[Stored items]
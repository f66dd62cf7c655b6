//! What a broker refuses.

ghost use Rattle.std.specs.Prelude.{◌≡◌, ◌+◌, ◌<◌, ◌^◌, is_some, length};
ghost use Rattle.std.specs.BTreeMap.{get};
ghost use Rattle.txn_broker_queues.specs.Given.{transfer_refusal};
ghost use Rattle.txn_broker_queues.specs.Keeping.{AdmitsTransfer, handle_order, peer_link, refused_by};

use crate::link::{Link, is_sender};
use amqp_below_layer::SessionInnerError;
use amqp_txn_types::{Frame, Handle, Transfer};
use std::collections::BTreeMap;

/// How many messages are numbered.
pub(crate) const MAX_MESSAGES: usize = 4_294_967_295;

/// The queue of a transfer that comes after so many messages, or why the transfer is refused.
pub(crate) fn queue_of_transfer(
    links: &BTreeMap<Handle, Link>,
    transfer: &Transfer,
    count: usize,
) -> Result<usize, SessionInnerError>
    ensures { AdmitsTransfer (get handle_order links.now transfer.now.handle) transfer.now count
        result }
{
    let Some(link) = links.get(&transfer.handle).copied() else {
        return Err(SessionInnerError::UnattachedHandle);
    };
    if !is_sender(link.peer) {
        return Err(SessionInnerError::TransferFrameToSender);
    }
    if transfer.more || transfer.aborted || count >= MAX_MESSAGES {
        return Err(SessionInnerError::IllegalState);
    }
    Ok(link.queue)
}

/// Whether a transfer is refused that comes after so many messages.
fn is_refused(links: &BTreeMap<Handle, Link>, transfer: &Transfer, count: usize) -> bool
    ensures { result ≡ is_some (transfer_refusal transfer.now count
        (peer_link (get handle_order links.now transfer.now.handle))) }
{
    queue_of_transfer(links, transfer, count).is_err()
}

/// Whether a transfer among some frames would be refused that come after so many messages, each
/// counted with those before it.
pub(crate) fn any_refused(links: &BTreeMap<Handle, Link>, count: usize, frames: &[Frame]) -> bool
    requires { count + length frames.now < 2 ^ 64 }
    ensures { result ≡ refused_by (λ h. get handle_order links.now h) count frames.now }
{
    let mut number = count;
    for frame in frames {
        if let Frame::Transfer { transfer, .. } = frame {
            if is_refused(links, transfer, number) {
                return true;
            }
            number += 1;
        }
    }
    false
}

### [How to complete this task]
Starting with the first line of the entries, transcribe every line up to and including the one with "let Some(link) = links.get(&transfer.handle).copied()".

### [Task response]
repository f66dd62cf7c655b6
//! What a broker refuses.

ghost use Rattle.std.specs.Prelude.{◌≡◌, ◌+◌, ◌<◌, ◌^◌, is_some, length};
ghost use Rattle.std.specs.BTreeMap.{get};
ghost use Rattle.txn_broker_queues.specs.Given.{transfer_refusal};
ghost use Rattle.txn_broker_queues.specs.Keeping.{AdmitsTransfer, handle_order, peer_link, refused_by};

use crate::link::{Link, is_sender};
use amqp_below_layer::SessionInnerError;
use amqp_txn_types::{Frame, Handle, Transfer};
use std::collections::BTreeMap;

/// How many messages are numbered.
pub(crate) const MAX_MESSAGES: usize = 4_294_967_295;

/// The queue of a transfer that comes after so many messages, or why the transfer is refused.
pub(crate) fn queue_of_transfer(
    links: &BTreeMap<Handle, Link>,
    transfer: &Transfer,
    count: usize,
) -> Result<usize, SessionInnerError>
    ensures { AdmitsTransfer (get handle_order links.now transfer.now.handle) transfer.now count
        result }
{
    let Some(link) = links.get(&transfer.handle).copied() else {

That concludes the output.